Saved data entries:
────────────────────────────────────────

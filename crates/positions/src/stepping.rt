// Where a reader stands, and what a step of it hands out, laid out for C.
ghost use Rattle.std.specs.Prelude.{◌≡◌};
ghost use Rattle.positions.specs.Stepping.{state_unpacked, opened_reader, packed_reader, item_handed};

use base::{Answer, Unit};
use reader::Item;
use state::directions::Directions;
use state::{Sets, State};

// Where a reader stands: its place, the units handed out before, the sets in force and the open directions. A flag is 0 for no, and
// anything else for yes. Its fields, and no State, here and in `running`: the layout is C's.
#[repr(C)]
#[derive(Clone, Copy)]
pub struct Position {
    pub levels: u64,
    pub place: usize,
    pub count: usize,
    pub gl: u8,
    pub gr: u8,
    pub depth: u8,
    pub marked: u8,
    pub texted: u8,
}

// The position after a step; and where `given` is 1 the unit that was handed out, else the answer.
// A flag beside two values, and no Result: the layout is C's (`ctext_next`).
#[repr(C)]
#[derive(Clone, Copy)]
pub struct Handed {
    pub position: Position,
    pub answer: Answer,
    pub unit: Unit,
    pub given: u8,
}

#[tactic(auto, unfolding(crate::specs::Stepping::state_unpacked))]
pub fn state_in(p: Position) -> State
    ensures { result ≡ state_unpacked p }
{
    State {
        directions: Directions {
            levels: p.levels,
            depth: p.depth,
            marked: p.marked != 0,
            texted: p.texted != 0,
        },
        sets: Sets { gl: p.gl, gr: p.gr },
    }
}

#[tactic(auto, unfolding(crate::specs::Stepping::packed_reader, crate::specs::Stepping::flag_of, base::specs::Choice::pick))]
pub fn position_of(place: usize, count: usize, st: State) -> Position
    ensures { result ≡ packed_reader place count st }
{
    let State { directions, sets } = st;
    Position {
        levels: directions.levels,
        place,
        count,
        gl: sets.gl,
        gr: sets.gr,
        depth: directions.depth,
        marked: u8::from(directions.marked),
        texted: u8::from(directions.texted),
    }
}

// A reader at the start of a string.
pub fn opened() -> Position
    ensures { result ≡ opened_reader }
{
    position_of(0, 0, State::FRESH)
}

#[tactic(auto, unfolding(crate::specs::Stepping::item_handed))]
pub fn hand(p: Position, item: Item) -> Handed
    ensures { result ≡ item_handed p item }
{
    match item {
        Ok(unit) => Handed {
            position: p,
            answer: Answer::accepted(0, 0),
            unit,
            given: 1,
        },
        Err(answer) => Handed {
            position: p,
            answer,
            unit: Unit::BLANK,
            given: 0,
        },
    }
}
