// Where a reader of runs stands, and what a step of it hands out, laid out for C.
ghost use Rattle.std.specs.Prelude.{◌≡◌};
ghost use Rattle.positions.specs.Running.{position_in, packed_runs, opened_runs};

use base::Answer;
use runs::Bounds;
use runs::stepping::RunPosition;
use state::directions::Directions;
use state::{Sets, State};

// Where a reader of runs stands: its place, the sets in force and the open directions, and whether the whole string is known to be
// accepted. A flag is 0 for no, and anything else for yes.
#[repr(C)]
#[derive(Clone, Copy)]
pub struct RunReader {
    pub levels: u64,
    pub place: usize,
    pub gl: u8,
    pub gr: u8,
    pub depth: u8,
    pub marked: u8,
    pub texted: u8,
    pub checked: u8,
}

// The reader after a step, and the run or the answer where none is shown.
#[repr(C)]
#[derive(Clone, Copy)]
pub struct RunHanded {
    pub reader: RunReader,
    pub run: Bounds,
}

// The reader after several runs, and the answer: how many were stored, or why none could be.
#[repr(C)]
#[derive(Clone, Copy)]
pub struct RunsHanded {
    pub reader: RunReader,
    pub answer: Answer,
}

#[tactic(auto, unfolding(crate::specs::Running::position_in))]
pub fn position_in(p: RunReader) -> RunPosition
    ensures { result ≡ position_in p }
{
    RunPosition {
        place: p.place,
        state: State {
            directions: Directions {
                levels: p.levels,
                depth: p.depth,
                marked: p.marked != 0,
                texted: p.texted != 0,
            },
            sets: Sets { gl: p.gl, gr: p.gr },
        },
        checked: p.checked != 0,
    }
}

#[tactic(auto, unfolding(crate::specs::Running::packed_runs, crate::specs::Stepping::flag_of, base::specs::Choice::pick))]
pub fn reader_of(p: RunPosition) -> RunReader
    ensures { result ≡ packed_runs p }
{
    let State { directions, sets } = p.state;
    RunReader {
        levels: directions.levels,
        place: p.place,
        gl: sets.gl,
        gr: sets.gr,
        depth: directions.depth,
        marked: u8::from(directions.marked),
        texted: u8::from(directions.texted),
        checked: u8::from(p.checked),
    }
}

// A reader of runs at the start of a string, which is not checked yet.
pub fn opened() -> RunReader
    ensures { result ≡ opened_runs }
{
    reader_of(runs::stepping::first_position())
}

────────────────────────────────────────

TASK INSTRUCTIONS:
Set down all the data exactly as given.

ANSWER BELOW:
filename crates/positions/src/stepping.rt
// Where a reader stands, and what a step of it hands out, laid out for C.
ghost use Rattle.std.specs.Prelude.{◌≡◌};
ghost use Rattle.positions.specs.Stepping.{state_unpacked, opened_reader, packed_reader, item_handed};

use base::{Answer, Unit};
use reader::Item;
use state::directions::Directions;
use state::{Sets, State};

// Where a reader stands: its place, the units handed out before, the sets in force and the open directions. A flag is 0 for no, and
// anything else for yes. Its fields, and no State, here and in `running`: the layout is C's.
#[repr(C)]
#[derive(Clone, Copy)]
pub struct Position {
    pub levels: u64,
    pub place: usize,
    pub count: usize,
    pub gl: u8,
    pub gr: u8,
    pub depth: u8,
    pub marked: u8,
    pub texted: u8,
}

// The position after a step; and where `given` is 1 the unit that was handed out, else the answer.
// A flag beside two values, and no Result: the layout is C's (`ctext_next`).
#[repr(C)]
#[derive(Clone, Copy)]
pub struct Handed {
    pub position: Position,
    pub answer: Answer,
    pub unit: Unit,
    pub given: u8,
}

#[tactic(auto, unfolding(crate::specs::Stepping::state_unpacked))]
pub fn state_in(p: Position) -> State
    ensures { result ≡ state_unpacked p }
{
    State {
        directions: Directions {
            levels: p.levels,
            depth: p.depth,
            marked: p.marked != 0,
            texted: p.texted != 0,
        },
        sets: Sets { gl: p.gl, gr: p.gr },
    }
}

#[tactic(auto, unfolding(crate::specs::Stepping::packed_reader, crate::specs::Stepping::flag_of, base::specs::Choice::pick))]
pub fn position_of(place: usize, count: usize, st: State) -> Position
    ensures { result ≡ packed_reader place count st }
{
    let State { directions, sets } = st;
    Position {
        levels: directions.levels,
        place,
        count,
        gl: sets.gl,
        gr: sets.gr,
        depth: directions.depth,
        marked: u8::from(directions.marked),
        texted: u8::from(directions.texted),
    }
}

// A reader at the start of a string.
pub fn opened() -> Position
    ensures { result ≡ opened_reader }
{
    position_of(0, 0, State::FRESH)
}

#[tactic(auto, unfolding(crate::specs::Stepping::item_handed))]
pub fn hand(p: Position, item: Item) -> Handed
    ensures { result ≡ item_handed p item }
{
    match item {
        Ok(unit) => Handed {
            position: p,
            answer: Answer::accepted(0, 0),
            unit,
            given: 1,
        },
        Err(answer) => Handed {
            position: p,
            answer,
            unit: Unit::BLANK,
            given: 0,
        },
    }
}
// Where a reader of runs stands, and what a step of it hands out, laid out for C.
ghost use Rattle.std.specs.Prelude.{◌≡◌};
ghost use Rattle.positions.specs.Running.{position_in, packed_runs, opened_runs};

use base::Answer;
use runs::Bounds;
use runs::stepping::RunPosition;
use state::directions::Directions;
use state::{Sets, State};

// Where a reader of runs stands: its place, the sets in force and the open directions, and whether the whole string is known to be
// accepted. A flag is 0 for no, and anything else for yes.
#[repr(C)]
#[derive(Clone, Copy)]
pub struct RunReader {
    pub levels: u64,
    pub place: usize,
    pub gl: u8,
    pub gr: u8,
    pub depth: u8,
    pub marked: u8,
    pub texted: u8,
    pub checked: u8,
}

// The reader after a step, and the run or the answer where none is shown.
#[repr(C)]
#[derive(Clone, Copy)]
pub struct RunHanded {
    pub reader: RunReader,
    pub run: Bounds,
}

// The reader after several runs, and the answer: how many were stored, or why none could be.
#[repr(C)]
#[derive(Clone, Copy)]
pub struct RunsHanded {
    pub reader: RunReader,
    pub answer: Answer,
}

#[tactic(auto, unfolding(crate::specs::Running::position_in))]
pub fn position_in(p: RunReader) -> RunPosition
    ensures { result ≡ position_in p }
{
    RunPosition {
        place: p.place,
        state: State {
            directions: Directions {
                levels: p.levels,
                depth: p.depth,
                marked: p.marked != 0,
                texted: p.texted != 0,
            },
            sets: Sets { gl: p.gl, gr: p.gr },
        },
        checked: p.checked != 0,
    }
}

#[tactic(auto, unfolding(crate::specs::Running::packed_runs, crate::specs::Stepping::flag_of, base::specs::Choice::pick))]
pub fn reader_of(p: RunPosition) -> RunReader
    ensures { result ≡ packed_runs p }
{
    let State { directions, sets } = p.state;
    RunReader {
        levels: directions.levels,
        place: p.place,
        gl: sets.gl,
        gr: sets.gr,
        depth: directions.depth,
        marked: u8::from(directions.marked),
        texted: u8::from(directions.texted),
        checked: u8::from(p.checked),
    }
}

// A reader of runs at the start of a string, which is not checked yet.
pub fn opened() -> RunReader
    ensures { result ≡ opened_runs }
{
    reader_of(runs::stepping::first_position())
}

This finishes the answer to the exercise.